*TO DO*: Transcribe the data below verbatim from the line with "each step on a" to the line with "HaveTexts (stored (stepped". Include both of those lines.

*EXTRACTED RECORDS*:

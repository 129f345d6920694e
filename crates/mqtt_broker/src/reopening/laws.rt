//! Laws of what a broker writes: it keeps each rule that records are opened by (MQTT 5.0, 4.1).
ghost use Rattle.std.specs.Prelude.{◌≡◌, ℕ, List, false};
ghost use Rattle.mqtt_keep.specs.lawful.Lawful.{IsLawful};
ghost use Rattle.mqtt_records.specs.state.Records.{nothing, IsNumber};
ghost use Rattle.mqtt_records.specs.declared.state.records.Records.{Records};
ghost use Rattle.mqtt_rules.specs.step.Contents.{TakesLawful};
ghost use Rattle.mqtt_rules.specs.step.Laws.{AreWithin, Event, IsCoherent, IsOrdered, after_events, blank};
ghost use Rattle.mqtt_rules.specs.step.Numbers.{IsTimed};
ghost use Rattle.mqtt_rules.specs.step.State.{Broker, MemberChoice, stored};
ghost use Rattle.mqtt_rules.specs.step.Step.{Call, is_opening_spent, is_step_spent, opened, stepped};
ghost use Rattle.mqtt_rules.specs.declared.step.Capacity.{Capacity as TheCapacity};
ghost use Rattle.mqtt_broker_acts.specs.calls.Sound.{IsSound};
ghost use Rattle.mqtt_world_laws.specs.acceptance.Identities.{TellsApart};
ghost use Rattle.mqtt_broker.specs.reopening.Bounds.{HaveBounds};
ghost use Rattle.mqtt_broker.specs.reopening.Identities.{HaveIdentities};
ghost use Rattle.mqtt_broker.specs.reopening.Names.{AreNamed};
ghost use Rattle.mqtt_broker.specs.reopening.Phases.{HavePhases};
ghost use Rattle.mqtt_broker.specs.reopening.Places.{HavePlacesApart};
ghost use Rattle.mqtt_broker.specs.reopening.Texts.{HaveTexts};
ghost use Rattle.mqtt_broker.specs.reopening.Times.{AreTimely};
ghost use Rattle.mqtt_broker.specs.reopening.Written.{AreFair, IsWritten};

/// Births of sessions, places of subscriptions, copies and retained messages are numbers from 1; each close,
/// and each arrival of what is queued or retained, was at the stored moment or before it. So it is in a new
/// store, and after each step and each opening if it was so before (4.1).
pub fn times_stay_in_order()
    ensures nothing { AreTimely 0 nothing }
    ensures step { (limits : TheCapacity) (choice : MemberChoice) (now : ℕ) (call : Call) (b : Broker)
        → IsTimed b → AreTimely (stored b).moment (stored b)
        → AreTimely (stored (stepped limits choice now call b)).moment (stored (stepped limits choice now call b)) }
    ensures opening { (limits : TheCapacity) (choice : MemberChoice) (now : ℕ) (r : Records)
        → IsNumber r.moment → AreTimely r.moment r
        → AreTimely (stored (opened limits choice now r)).moment (stored (opened limits choice now r)) }
{}

/// No two subscriptions have the same place, of whichever sessions: each has the number of a grant, and a
/// filter that its session has already keeps its place. So it is in a new store, and after each step and each
/// opening if it was so before (3.8.4).
pub fn places_stay_apart()
    ensures nothing { HavePlacesApart nothing }
    ensures step { (limits : TheCapacity) (choice : MemberChoice) (now : ℕ) (call : Call) (b : Broker)
        → HavePlacesApart (stored b) → HavePlacesApart (stored (stepped limits choice now call b)) }
    ensures opening { (limits : TheCapacity) (choice : MemberChoice) (now : ℕ) (r : Records)
        → HavePlacesApart r → HavePlacesApart (stored (opened limits choice now r)) }
{}

/// Each copy in a queue has a phase that its QoS allows: a packet identifier from 1, and an order of release
/// from 1 for a copy of QoS 2 alone; and no two copies of a session have the same order of release. So it is
/// in a new store, and after each step and each opening if it was so before, and tables were in order
/// (4.3, 4.6).
pub fn phases_fit_their_service()
    ensures nothing { HavePhases nothing }
    ensures step { (limits : TheCapacity) (choice : MemberChoice) (now : ℕ) (call : Call) (b : Broker)
        → IsOrdered (stored b) → HavePhases (stored b)
        → HavePhases (stored (stepped limits choice now call b)) }
    ensures opening { (limits : TheCapacity) (choice : MemberChoice) (now : ℕ) (r : Records)
        → IsOrdered r → HavePhases r → HavePhases (stored (opened limits choice now r)) }
{}

/// No two copies in a session's queue have the same identity, and each is of QoS 1 or 2, of a publication that
/// was accepted, and for a subscribe that was granted if it is of a retained message; no two retained messages
/// are of the same publication. So it is in a new store, and after each step and each opening if it was so
/// before (3.3.1.3, 3.3.4, 4.6).
pub fn copies_stay_apart()
    ensures nothing { HaveIdentities nothing }
    ensures step { (limits : TheCapacity) (choice : MemberChoice) (now : ℕ) (call : Call) (b : Broker)
        → HaveIdentities (stored b) → HaveIdentities (stored (stepped limits choice now call b)) }
    ensures opening { (limits : TheCapacity) (choice : MemberChoice) (now : ℕ) (r : Records)
        → HaveIdentities r → HaveIdentities (stored (opened limits choice now r)) }
{}

/// Each copy in a queue is for the session that the queue is of; its place, its order of release and the
/// places of retained messages are at most the last number. So it is in a new store, and after each step and
/// each opening of coherent records if it was so before, and no number is spent (ours).
pub fn numbers_stay_within_the_last()
    ensures nothing { HaveBounds nothing }
    ensures step { (limits : TheCapacity) (choice : MemberChoice) (now : ℕ) (call : Call) (b : Broker)
        → AreWithin limits → IsCoherent (stored b) → IsTimed b → IsNumber b.now
        → is_step_spent limits choice now call b ≡ false
        → HaveBounds (stored b) → HaveBounds (stored (stepped limits choice now call b)) }
    ensures opening { (limits : TheCapacity) (choice : MemberChoice) (now : ℕ) (r : Records)
        → AreWithin limits → IsCoherent r → is_opening_spent limits choice now r ≡ false
        → HaveBounds r → HaveBounds (stored (opened limits choice now r)) }
{}

/// A client identifier that begins as those do that the broker assigns is one that it has assigned, in its
/// shortest decimal form; and while none is spent, no session has one longer than the limit. So it is in a
/// new store, and after each step and each opening if it was so before (3.1.3.1).
pub fn client_identifiers_stay_lawful()
    ensures nothing { AreNamed nothing }
    ensures step { (limits : TheCapacity) (choice : MemberChoice) (now : ℕ) (call : Call) (b : Broker)
        → AreNamed (stored b) → AreNamed (stored (stepped limits choice now call b)) }
    ensures opening { (limits : TheCapacity) (choice : MemberChoice) (now : ℕ) (r : Records)
        → AreNamed r → AreNamed (stored (opened limits choice now r)) }
{}

/// No session is without a client identifier; open identifiers are from 1, filters are such as packets carry,
/// and each copy of a group is of one whose filter is such. So it is in a new store, and after each step on a
/// lawful packet and each opening if it was so before, and copies had identities of their own (2.2.1,
/// 3.8.3, 4.8.2).
pub fn texts_stay_lawful()
    ensures nothing { HaveTexts nothing }
    ensures step { (limits : TheCapacity) (choice : MemberChoice) (now : ℕ) (call : Call) (b : Broker)
        → TakesLawful call → HaveIdentities (stored b) → HaveTexts (stored b)
        → HaveTexts (stored (stepped limits choice now call b)) }
    ensures opening { (limits : TheCapacity) (choice : MemberChoice) (now : ℕ) (r : Records)
        → HaveIdentities r → HaveTexts r → HaveTexts (stored (opened limits choice now r)) }
{}

/// What a broker has written are lawful records, and it writes such again: a new store is such, and so is
/// what each step of a sound broker leaves of such, on a packet that is lawful and no longer than a packet
/// may be, and each opening, if no number is spent. Beyond what lawful records have, its messages are as
/// short as those of packets, its filters such as packets carry, and its retained messages of different
/// publications: without these a step could make a row too long, a group without a spelling, or two copies
/// with one identity. So it tells its copies apart, as a world in which each copy enters and ends once asks of
/// where it begins (4.1).
pub fn what_a_broker_writes_is_lawful()
    ensures lawful { (r : Records) → IsWritten r → IsLawful r }
    ensures apart { (r : Records) → IsWritten r → TellsApart r }
    ensures nothing { IsWritten nothing }
    ensures step { (limits : TheCapacity) (choice : MemberChoice) (now : ℕ) (call : Call) (b : Broker)
        → is_step_spent limits choice now call b ≡ false → TakesLawful call
        → IsSound limits b → IsWritten (stored b)
        → IsWritten (stored (stepped limits choice now call b)) }
    ensures opening { (limits : TheCapacity) (choice : MemberChoice) (now : ℕ) (r : Records)
        → AreWithin limits → is_opening_spent limits choice now r ≡ false
        → IsWritten r → IsWritten (stored (opened limits choice now r)) }
{}

/// Starting again needs no hand: whatever was asked of a broker since its store was empty, or since it opened
/// what a broker had written, and whenever it opened what it had stored, what is stored may be opened again,
/// if limits were within those of the tables, packets lawful and no longer than a packet may be, and no
/// number was spent (4.1).
pub fn a_store_may_be_opened_again()
    ensures run { (events : List Event) → AreFair events blank
        → IsLawful (stored (after_events events blank)) }
    ensures opened { (limits : TheCapacity) (choice : MemberChoice) (now : ℕ) (r : Records) (events : List Event)
        → AreWithin limits → is_opening_spent limits choice now r ≡ false → IsWritten r
        → AreFair events (opened limits choice now r)
        → IsLawful (stored (after_events events (opened limits choice now r))) }
{}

*RESULT*:
/// and each copy of a group is of one whose filter is such. So it is in a new store, and after each step on a
/// lawful packet and each opening if it was so before, and copies had identities of their own (2.2.1,
/// 3.8.3, 4.8.2).
pub fn texts_stay_lawful()
    ensures nothing { HaveTexts nothing }
    ensures step { (limits : TheCapacity) (choice : MemberChoice) (now : ℕ) (call : Call) (b : Broker)
        → TakesLawful call → HaveIdentities (stored b) → HaveTexts (stored b)
        → HaveTexts (stored (stepped limits choice now call b)) }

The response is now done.